▸ **Given entries**
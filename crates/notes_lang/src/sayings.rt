//! What one line of notes says.
ghost use Rattle.std.specs.Prelude.{◌≡◌, ◌∷◌, [], ℕ, List, codes, map, IfOk, IfSome};
ghost use Rattle.notes_spec.specs.Scopes as scopes;
ghost use Rattle.notes_spec.specs.NotesGrammar as grammar;
ghost use Rattle.notes_spec.specs.NotesGrammar.{AreChanged, AreNumbers, IsSaid, MayFrame, Parses};
ghost use Rattle.word_spec.specs.Tokens.{NameToken, NumberToken};
ghost use Rattle.notes_value.specs.Views.{expr_of};
ghost use Rattle.notes_lang.specs.Reading.{AreGood, tokens_view};
ghost use Rattle.notes_lang.specs.Saying.{BeginsWith, IsAddressed, IsCounted, IsOne, Tells, says_of};
ghost use Rattle.notes_lang.specs.Scoping.{changed_of, scope_of};
ghost use Rattle.notes_lang.specs.Wording.{frame_word_text, word_text};

use crate::line_words::{FrameWord, LineWord, line_word};
use crate::notes::Function;
use crate::parser::read;
use crate::scopes::{Changed, Scope, change, may_frame, number};
use line_tokens::Token;
use notes_value::Expr;
use std::alloc::{AllocError, Global};

/// What a line says.
#[derive(Drop)]
pub(crate) enum Says<'a> {
    Nothing,
    Entry(Function),
    Require(Expr),
    Ensure(Expr),
    Assert(u32, Expr),
    Targets(u32, Vec<u32>),
    Fixed(u32, u32),
    /// The line of a version, which names version 2 or does not.
    Version(bool),
    Const(&'a [u8], u32),
    Loaded,
    Invariant(u32, Expr),
    /// A line of the contract of an address.
    Contract(u32, ContractLine),
}

/// What a line says of the contract of an address.
#[derive(Drop)]
pub(crate) enum ContractLine {
    Needs(Expr),
    Gives(Expr),
    Modifies(Vec<Changed>),
    /// So many bytes from the value on may be written.
    Writes(Expr, u32),
}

▸ **Directions for this task**
The answer must be a single number: the count of lines in the data that contain the word "What".

▸ **Answer box**
3